Open NISH1001 opened 1 year ago

NISH1001 commented 1 year ago

What

Currently, evalem.pipelines.SimpleEvaluationPipeline is stateless. That means any forward passes (including inferencing and evaluation results) aren't cached within the pipeline object. This is fine for inference+evaluation on a small sample size. However, for a bigger size, say full-on squad v2 86k train samples, re-running the inference to get predictions is time-consuming when we want to switch the Evaluator object.

Why

To speed up evaluation without re-running forward pass on a huge dataset.
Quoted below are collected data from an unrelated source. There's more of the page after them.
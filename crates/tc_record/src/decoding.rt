//! The document of a record of form 0.

ghost use Rattle.std.specs.Prelude.{◌≡◌, IfOk, IsErrOf};
ghost use Rattle.tc_model.specs.Document.{Document};
ghost use Rattle.tc_value.specs.Meaning.{tree_of};
ghost use Rattle.tc_record.specs.Record.{IsRecordOf};
ghost use Rattle.tc_record.specs.declared.fault.RecordFault.TheVariants.{NotARecord};

use crate::building::document_of;
use crate::fault::RecordFault;
use crate::record_ref::RecordRef;
use std::alloc::Global;
use tc_value::Doc;

/// The object of depth at most 32 whose record of form 0 the bytes are. `NotARecord` comes exactly where there is none.
pub fn decode(alloc: Global, bytes: &[u8]) -> Result<Doc, RecordFault>
    ensures found { IfOk result (λ doc. IsRecordOf (tree_of doc) bytes.now) }
    ensures only { IfOk result (λ doc. (d : Document) → IsRecordOf d bytes.now → tree_of doc ≡ d) }
    ensures refused { IsErrOf result NotARecord → (d : Document) → IsRecordOf d bytes.now → ⊥ }
{
    let Some(record) = RecordRef::of(bytes) else {
        return Err(RecordFault::NotARecord);
    };
    if !record.named() {
        return Err(RecordFault::NotARecord);
    }
    match document_of(alloc, record.cursor())? {
        Some(doc) => Ok(doc),
        None => Err(RecordFault::NotARecord),
    }
}
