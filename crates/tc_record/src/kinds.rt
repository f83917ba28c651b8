//! What is open in a walk that keeps no names: of each array and object, which of both it is.

ghost use Rattle.std.specs.Prelude.{◌≡◌, ◌<◌, ◌≤◌, ◌-◌, ◌/◌, ◌^◌, ◌∷◌, [], length, nat_lt, if◌then◌else◌};
ghost use Rattle.tc_model.specs.Limits.{max_depth};
ghost use Rattle.tc_record.specs.Walk.{opened, in_object};
ghost use Rattle.tc_record.specs.WalkView.{piece_of};
ghost use Rattle.tc_record.specs.Stack.{kind_of, kinds_of};

use crate::token::Piece;
use tc_value::MAX_DEPTH;

/// How many arrays and objects may be open at once.
pub(crate) const MAX_LEVELS: usize = MAX_DEPTH as usize;

/// How many arrays and objects are open, and which of them are arrays: a bit each, that of the innermost one lowest.
#[derive(Clone, Copy)]
pub(crate) struct Kinds {
    pub(crate) arrays: u32,
    pub(crate) depth: u8,
    ghost shallow: { depth ≤ max_depth },
    ghost few: { arrays < 2 ^ depth },
}

impl Kinds {
    /// An object that is open, and nothing else.
    #[inline(always)]
    pub(crate) fn in_object() -> Kinds
        ensures { kinds_of result.arrays result.depth ≡ in_object None ∷ [] }
    {
        Kinds {
            arrays: 0,
            depth: 1,
        }
    }

    /// Closes the innermost one.
    #[inline(always)]
    pub(crate) fn close(&mut self)
        requires { 0 < self.old.depth }
        ensures { kinds_of self.new.arrays self.new.depth ≡ kinds_of (self.old.arrays / 2) (self.old.depth - 1) }
    {
        self.arrays /= 2;
        self.depth -= 1;
    }

    /// Opens what a value opens, or answers `false` where that would nest too deep.
    #[inline(always)]
    pub(crate) fn open(&mut self, value: Piece<'_>) -> bool
        ensures { (if result then Some (kinds_of self.new.arrays self.new.depth) else None) ≡ opened (piece_of value.entry) (kinds_of self.old.arrays self.old.depth) }
    {
        match value {
            Piece::Null => true,
            Piece::Bool(_) => true,
            Piece::Int(_) => true,
            Piece::Text(_) => true,
            Piece::Array => self.push(true),
            Piece::Object => self.push(false),
            Piece::Close => false,
        }
    }

    #[inline(always)]
    fn push(&mut self, array: bool) -> bool
        ensures { (if result then Some (kinds_of self.new.arrays self.new.depth) else None) ≡ (if nat_lt (length (kinds_of self.old.arrays self.old.depth)) max_depth then Some (kind_of array ∷ kinds_of self.old.arrays self.old.depth) else None) }
    {
        if usize::from(self.depth) >= MAX_LEVELS {
            return false;
        }
        self.arrays = self.arrays * 2 + u32::from(array);
        self.depth += 1;
        true
    }
}
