// The least smaller word that satisfies the reduct.
#![tactic(auto)]

ghost use Rattle.std.specs.Prelude.{◌≡◌, ◌≤◌};
ghost use Rattle.sets.specs.Lists.{tabulate};
ghost use Rattle.sets.specs.Words.{next_subset};
ghost use Rattle.program.specs.Clauses.{clause_at};
ghost use Rattle.semantics.specs.Interpretations.{least_smaller};

// The subset of `word` that follows its subset `j` in the order of numbers; 0 after `word` itself.
fn next_subset(word: u32, j: u32) -> u32
    ensures { result ≡ next_subset 32 word j }
{
    j.wrapping_sub(word) & word
}

// The least proper subset of `candidate` that satisfies the reduct by it; `candidate` where there is none.
pub fn least_smaller<'a>(
    heads: &'a [u32; program::MOST_CLAUSES],
    bodies: &'a [u32; program::MOST_CLAUSES],
    nafs: &'a [u32; program::MOST_CLAUSES],
    count: usize,
    candidate: u32,
) -> u32
    requires { count ≤ 64 }
    ensures { result ≡ least_smaller (tabulate (clause_at heads.now bodies.now nafs.now) count) candidate }
{
    let mut j = 0;
    // A `while`: the next subset is not the next number.
    while j < candidate {
        if check_violated::first_violated(heads, bodies, nafs, count, candidate, j) == count {
            return j;
        }
        j = next_subset(candidate, j);
    }
    candidate
}
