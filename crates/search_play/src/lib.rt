// The rows in play at a node, by the rows and on the way down from the root.
#![tactic(auto)]

ghost use Rattle.std.specs.Prelude.{◌≡◌, ◌&&◌, ◌≤◌, ◌*◌};
ghost use Rattle.sets.specs.Words.{inside, apart};
ghost use Rattle.columns.specs.Play.{InPlay};
ghost use Rattle.leaf.specs.Packed.{packed_at};
ghost use Rattle.tree.specs.NodeTest.{possible};
ghost use Rattle.node.specs.Node.{Placed};
ghost use Rattle.seek.specs.Seek.{OnPath, PlaysAt};

fn is_in_play(body: u32, naf: u32, w: u32, reach: u32) -> bool
    ensures { result ≡ inside body reach && apart naf w }
{
    body & reach == body && naf & w == 0
}

// The rows in play where `w` is decided in and `reach` not decided out.
pub fn rows_in_play(table: &[u32; leaf::WORDS], count: usize, w: u32, reach: u32) -> u64
    requires { count ≤ 64 }
    ensures { InPlay (packed_at table.now) count reach w result }
{
    let mut rows = 0;
    for i in 0..count {
        if is_in_play(table[leaf::BODIES + i], table[leaf::NAFS + i], w, reach) {
            rows |= 1 << i;
        }
    }
    rows
}

// The word with every undecided bit.
pub fn with_undecided(k: usize, w: u32) -> u32
    requires { Placed k w }
    ensures { result ≡ possible k w }
{
    w + ((1 << k) - 1)
}

// The rows in play at the root.
pub fn root_rows(table: &[u32; leaf::WORDS], count: usize, n: usize) -> u64
    requires { (count ≤ 64) × (n ≤ 12) }
    ensures { InPlay (packed_at table.now) count (possible (2 * n) 0) 0 result }
{
    rows_in_play(table, count, 0, with_undecided(2 * n, 0))
}

// The rows in play at the node (k, w), where `root` are those at the root, whose count of undecided bits is `top`.
pub fn play_at(columns: &[u64; columns::WORDS], root: u64, top: usize, k: usize, w: u32) -> u64
    requires { OnPath top k w }
    ensures { PlaysAt columns.now root top k w result }
{
    let mut play = root;
    for literal in (k..top).rev() {
        let lost = if (w >> literal) & 1 == 0 {
            columns[columns::BODIES + literal]
        } else {
            columns[columns::NAFS + literal]
        };
        play -= play & lost;
    }
    play
}
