//! What the calling thread does of a run: it drives the chain at its two ends, and takes the cores' reports.
ghost use Rattle.std.specs.Prelude.{◌≡◌, ◌↔◌, ◌<◌, ◌≤◌, ◌&&◌, true, false, [], length, Some, None, All, IfOk};
ghost use Rattle.hj_msg.specs.Driver.{port_of};
ghost use Rattle.hj_driver.specs.Driver.{cause_of, closing_of, count_of, is_finished};
ghost use Rattle.hj_collect.specs.Collector.{has_ended};

use crate::outlet::Outlet;
use crate::ports::Ports;
use crate::step::DeskStep;
use hj_base::{CoreNo, Memory, Share, Side};
use hj_collect::Collector;
use hj_driver::{Admitted, Closing, Driver};
use hj_link::{LeftEnd, Receiver, RightEnd};
use hj_msg::{Drained, Event, Feed, Fin, Given, Msg, Report};
use std::alloc::Global;

/// The calling thread's part of a run. It holds the two ends of the chain and the receivers of the cores' reports, and
/// no thread.
#[derive(Drop)]
pub struct Desk<P: Drop> {
    pub driver: Driver,
    pub ports: Ports<P>,
    /// The receiver of each core's reports, by the place of the core.
    pub reports: Vec<Receiver<Report<P>>>,
    pub collector: Collector,
    /// What the feed said last, if it isn't used up.
    pub next: Option<Given<P>>,
    /// The number of the next turn.
    pub turns: u64,
    /// Whether memory ran out for what is made of a report.
    pub over: bool,
}

impl<P: Share + Drop> Desk<P> {
    ghost use Rattle.std.specs.Prelude.{ℕ};
    ghost use Rattle.hj_msg.specs.declared.event.Event.{Event as SomeEvent};
    ghost use Rattle.hj_msg.specs.declared.feed.Given.{Given as Answer};
    ghost use Rattle.hj_msg.specs.Feed.{FeedState, event_in, first_numbering};
    ghost use Rattle.hj_desk.specs.Ports.{end_at};
    ghost use Rattle.hj_desk.specs.Desk.{DeskHistory, StandsFor, Stands, nothing_happened};
    ghost use Rattle.hj_desk.specs.Steps.{IsSpent, Receives, Admits, Collects, Gives, end_of, reports_of, with_events};

    /// Makes the part of a run in which nothing happened yet, over the two ends of the chain and the receivers of the
    /// cores' reports, with at most `flight` events outstanding.
    pub fn new(
        alloc: Global,
        flight: u16,
        left: LeftEnd<Msg<P>>,
        right: RightEnd<Msg<P>>,
        reports: Vec<Receiver<Report<P>>>,
    ) -> Result<Self, Memory>
        requires few { length reports.items ≤ 64 }
        requires left_unused { left.journal ≡ [] }
        requires right_unused { right.journal ≡ [] }
        requires reports_unused { All (λ receiver. receiver.journal ≡ []) reports.items }
        ensures stands { IfOk result (λ desk. (feed : FeedState) → feed.numbering ≡ first_numbering → StandsFor desk feed nothing_happened) }
        ensures parts { IfOk result (λ desk. (desk.ports.left ≡ left) × (desk.ports.right ≡ right) × (desk.reports ≡ reports)) }
        ensures flight { IfOk result (λ desk. desk.driver.flight ≡ flight) }
        ensures unasked { IfOk result (λ desk. (desk.next ≡ None) × (desk.turns ≡ 0) × (desk.over ≡ false)) }
    {
        let cores = reports.len() as u16;
        let driver = Driver::new(alloc, cores, flight)?;
        let collector = Collector::new(alloc, cores)?;
        Ok(Desk {
            driver,
            ports: Ports { left, right },
            reports,
            collector,
            next: None,
            turns: 0,
            over: false,
        })
    }

    /// Returns whether no turn number is left. Then no step puts or takes any more.
    #[inline(always)]
    pub fn is_spent(&self) -> bool
        ensures { (result ≡ true) ↔ IsSpent self.now }
    {
        self.turns == u64::MAX
    }

    /// Returns whether the feed is to be asked before the driver can put anything.
    #[inline(always)]
    pub fn is_unasked(&self) -> bool
        ensures { (result ≡ true) ↔ (self.now.next ≡ None) }
    {
        self.next.is_none()
    }

    /// Takes the first message that comes out at a port, and lets the driver take note of it.
    #[inline(always)]
    pub fn receive(&mut self, port: Side) -> DeskStep
        ensures { Receives port result self.old self.new }
    {
        if self.is_spent() {
            return DeskStep::Spent;
        }
        let Some(message) = self.ports.take(port, self.turns) else {
            return DeskStep::Idle;
        };
        self.turns += 1;
        self.driver.took(port, &message);
        DeskStep::Did
    }

    /// Asks the feed for the next event.
    pub fn ask<F: Feed<P>>(&mut self, feed: &mut F)
        requires { self.old.next ≡ None }
        ensures gives { (given : Answer P) × (self.new ≡ record self.old { next = Some given }) × F.gives feed.old given feed.new }
        ensures stands { (history : DeskHistory P) → StandsFor self.old (F.state feed.old) history → StandsFor self.new (F.state feed.new) (with_events (event_in self.new.next) history) }
    {
        self.next = Some(feed.next());
    }

    /// Puts the next event, or both closes if no event is to come: if the driver may, and the links have room.
    #[inline(always)]
    pub fn admit(&mut self) -> DeskStep
        requires { (feed : FeedState) × Stands self.old feed }
        ensures { Admits result self.old self.new }
    {
        if self.is_spent() {
            return DeskStep::Spent;
        }
        match &self.next {
            None => DeskStep::Idle,
            Some(Given::Stop) => self.close(),
            Some(Given::Event(event)) => {
                if self.driver.waits(event).is_some() {
                    return DeskStep::Idle;
                }
                let port = event.port();
                if !self.ports.has_room(port) {
                    return DeskStep::Idle;
                }
                self.put_event();
                DeskStep::Did
            }
        }
    }

    /// Takes the next report of a core, and lets an outlet keep what it makes of it. If memory runs out for that, it is lost.
    #[inline(always)]
    pub fn collect<O: Outlet<P>>(&mut self, core: CoreNo, outlet: &mut O) -> DeskStep
        requires stands { (feed : FeedState) × Stands self.old feed }
        requires in_range { core.0 < length self.old.reports.items }
        ensures { Collects O.gave core result self.old outlet.old self.new outlet.new }
    {
        if self.is_spent() {
            return DeskStep::Spent;
        }
        let Some(report) = self.reports[usize::from(core.0)].take(self.turns) else {
            return DeskStep::Idle;
        };
        self.turns += 1;
        self.collector.update_marks(core, &report);
        if outlet.keep(&self.collector, &report).is_err() {
            self.over = true;
            return DeskStep::Memory;
        }
        DeskStep::Did
    }

    /// Lets an outlet give what is due, up to the first thing that is refused. Where memory ran out for a report nothing is given.
    pub fn release<O: Outlet<P>>(&self, outlet: &mut O) -> Drained
        ensures { Gives O.gave O.rests result self.now outlet.old outlet.new }
    {
        if self.over {
            return Drained::Kept;
        }
        outlet.release(&self.collector)
    }

    /// Returns whether the driver took both closes, and of each core the report of its end was taken.
    pub fn is_done(&self) -> bool
        ensures { result ≡ (is_finished self.now.driver.closes && has_ended self.now.collector) }
    {
        self.driver.finished() && self.collector.ended()
    }

    /// Returns how the run ended, if it did: memory ran out, at the desk or at a core; or all is done.
    pub fn end(&self) -> Option<Fin>
        ensures { result ≡ end_of self.now }
    {
        if self.over || self.collector.stopped().is_some() {
            return Some(Fin::Memory);
        }
        self.is_done().then_some(Fin::Done)
    }

    /// Returns how many cores there are.
    pub fn cores(&self) -> u16
        requires { length self.now.reports.items ≤ 64 }
        ensures { result ≡ length self.now.reports.items }
    {
        self.reports.len() as u16
    }

    /// Returns how many events are outstanding.
    #[inline(always)]
    pub fn outstanding(&self) -> u32
        ensures { result ≡ count_of self.now.driver }
    {
        self.driver.outstanding()
    }

    /// Returns how many reports come of what is known next: each core reports a row that arrives, and a quiet event.
    #[inline(always)]
    pub fn reports_of_next(&self) -> u64
        ensures { result ≡ reports_of self.now.next (length self.now.reports.items) }
    {
        match &self.next {
            Some(Given::Event(Event::Arrive { .. } | Event::Quiet { .. })) => {
                self.reports.len() as u64
            }
            _ => 0,
        }
    }

    /// Puts the next event, which needn't wait and has room.
    fn put_event(&mut self)
        requires number { ¬ (IsSpent self.old) }
        requires stands { (feed : FeedState) × Stands self.old feed }
        requires event { (event : SomeEvent P) × (self.old.next ≡ Some (Given.Event event)) × (cause_of event self.old.driver ≡ None) × (0 < (end_at (port_of event) self.old.ports).room) }
        ensures { Admits DeskStep.Did self.old self.new }
    {
        let Some(Given::Event(event)) = self.next.take() else {
            unreachable!()
        };
        let Admitted::Send(port, message) = self.driver.admit(event) else {
            unreachable!()
        };
        self.ports.put(port, self.turns, message);
        self.turns += 1;
    }

    /// Puts both closes, if no event is outstanding and both links have room.
    fn close(&mut self) -> DeskStep
        requires number { ¬ (IsSpent self.old) }
        requires last { self.old.next ≡ Some Given.Stop }
        ensures { Admits result self.old self.new }
    {
        if self.driver.closing() != Closing::Send {
            return DeskStep::Idle;
        }
        if !self.ports.has_room(Side::Left) {
            return DeskStep::Idle;
        }
        if !self.ports.has_room(Side::Right) {
            return DeskStep::Idle;
        }
        self.driver.close();
        self.ports.put_closes(self.turns);
        self.turns += 1;
        DeskStep::Did
    }
}
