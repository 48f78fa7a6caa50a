//! The pairs of the reports, in the order of the join.
ghost use Rattle.std.specs.Prelude.{◌≡◌, ℕ, [], All, false};
ghost use Rattle.hj_msg.specs.declared.drain.Drained.TheVariants.{Kept};
ghost use Rattle.hj_msg.specs.Emission.{is_within};
ghost use Rattle.hj_msg.specs.Valid.{later};
ghost use Rattle.hj_collect.specs.Collector.{least_mark};

use crate::outlet::Outlet;
use hj_base::{Memory, Share};
use hj_collect::{Collector, Ordered};
use hj_msg::{Drain, Drained, Report};
use std::alloc::Global;

/// Gives the pairs of the reports to a drain, in the order of the sequential join: each once no pair before it can come any more.
#[derive(Drop)]
pub struct OrderedOutlet<P, D> {
    /// The pairs that were met and weren't given yet.
    kept: Ordered<P>,
    /// Where the pairs go.
    pub drain: D,
}

impl<P, D: Drain<P>> OrderedOutlet<P, D> {
    ghost use Rattle.hj_desk.specs.OrderedOutlet.{GivesInOrder};

    /// Makes one that was given no report.
    pub fn new(alloc: Global, drain: D) -> Self
        ensures drain { result.drain ≡ drain }
        ensures unused { (cores : ℕ) → GivesInOrder D.takes result cores [] false Kept result }
    {
        OrderedOutlet {
            kept: Ordered::new(alloc),
            drain,
        }
    }
}

impl<P: Share + Drop, D: Drain<P>> Outlet<P> for OrderedOutlet<P, D> {
    ghost use Rattle.hj_desk.specs.OrderedOutlet.{GivesInOrder};

    ghost gave = { GivesInOrder D.takes };

    ghost rests = { λ outlet collector. All (λ pair. is_within (least_mark collector) (later pair) ≡ false) outlet.kept };

    #[inline(always)]
    fn keep(&mut self, collector: &Collector, report: &Report<P>) -> Result<(), Memory> {
        self.kept.keep(collector, report)
    }

    fn release(&mut self, collector: &Collector) -> Drained {
        self.kept.give_due(collector, &mut self.drain)
    }
}
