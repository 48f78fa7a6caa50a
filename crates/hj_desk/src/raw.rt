//! The raw items of the reports.
ghost use Rattle.std.specs.Prelude.{◌≡◌, ℕ, ◌≤◌, [], false};
ghost use Rattle.hj_msg.specs.declared.drain.Drained.TheVariants.{Kept};
ghost use Rattle.hj_raw.specs.WaitingItems.{item_of};

use crate::outlet::Outlet;
use hj_base::{Memory, Share};
use hj_collect::Collector;
use hj_msg::{Drained, Report};
use hj_raw::{RawDrain, RawItem, RawItems};
use std::alloc::Global;

/// Gives the raw items of the reports to a drain: the pairs as they were met, and the marks between them.
#[derive(Drop)]
pub struct RawOutlet<P, D> {
    /// The items that weren't given yet.
    items: RawItems<P>,
    /// Where the items go.
    pub drain: D,
}

impl<P, D: RawDrain<P>> RawOutlet<P, D> {
    ghost use Rattle.hj_desk.specs.RawOutlet.{GivesRaw};

    /// Makes one that was given no report.
    pub fn new(alloc: Global, drain: D) -> Self
        ensures drain { result.drain ≡ drain }
        ensures unused { (cores : ℕ) → 1 ≤ cores → GivesRaw D.takes result cores [] false Kept result }
    {
        RawOutlet {
            items: RawItems::new(alloc),
            drain,
        }
    }

    /// Gives an item.
    fn give(&mut self, item: RawItem<P>) -> Drained
        ensures takes { D.takes self.old.drain (item_of item) result self.new.drain }
        ensures items { self.new.items ≡ self.old.items }
    {
        match item {
            RawItem::Pair(pair) => self.drain.pair(pair),
            RawItem::Mark(mark) => self.drain.mark(mark),
        }
    }
}

impl<P: Share + Drop, D: RawDrain<P>> Outlet<P> for RawOutlet<P, D> {
    ghost use Rattle.std.specs.Prelude.{◌≡◌, []};
    ghost use Rattle.hj_desk.specs.RawOutlet.{GivesRaw};

    ghost gave = { GivesRaw D.takes };

    ghost rests = { λ outlet _. outlet.items.items ≡ [] };

    fn keep(&mut self, collector: &Collector, report: &Report<P>) -> Result<(), Memory> {
        self.items.keep(collector, report)
    }

    fn release(&mut self, _collector: &Collector) -> Drained {
        while let Some(item) = self.items.next() {
            if self.give(item) == Drained::Refused {
                return Drained::Refused;
            }
        }
        Drained::Kept
    }
}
This can also help in debugging for such large samples because for large samples it's a bummer to catch the runtime errors (say tokenization error relating to weird texts, etc) at a late stage during the pipeline.

How

Maybe, we can have a new CachedSimpleEvaluationPipeline or something like that to be able to load predictions from external files (text, JSON, etc.)


cc: @muthukumaranR

muthukumaranR commented 1 year ago

As far as data consistency, would it be possible to enforce checks (for tokenizing) on the DTOs during, say pipeline.build()? that way you're guaranteed to not have any in pipeline.run(). essentially split the execution of pipeline into two, where in first part you handle all the checks. and in the final part you run the pipeline.

As far as caching, I think the mechanism will be useful nevertheless.

NISH1001 commented 1 year ago

I like the build(...) mechanism. Will add to my to-do list. Right now, what we're basically doing is passing texts as it is to the transformers.pipeline(...) which implicitly handles all the tokenization, forward-pass, etc.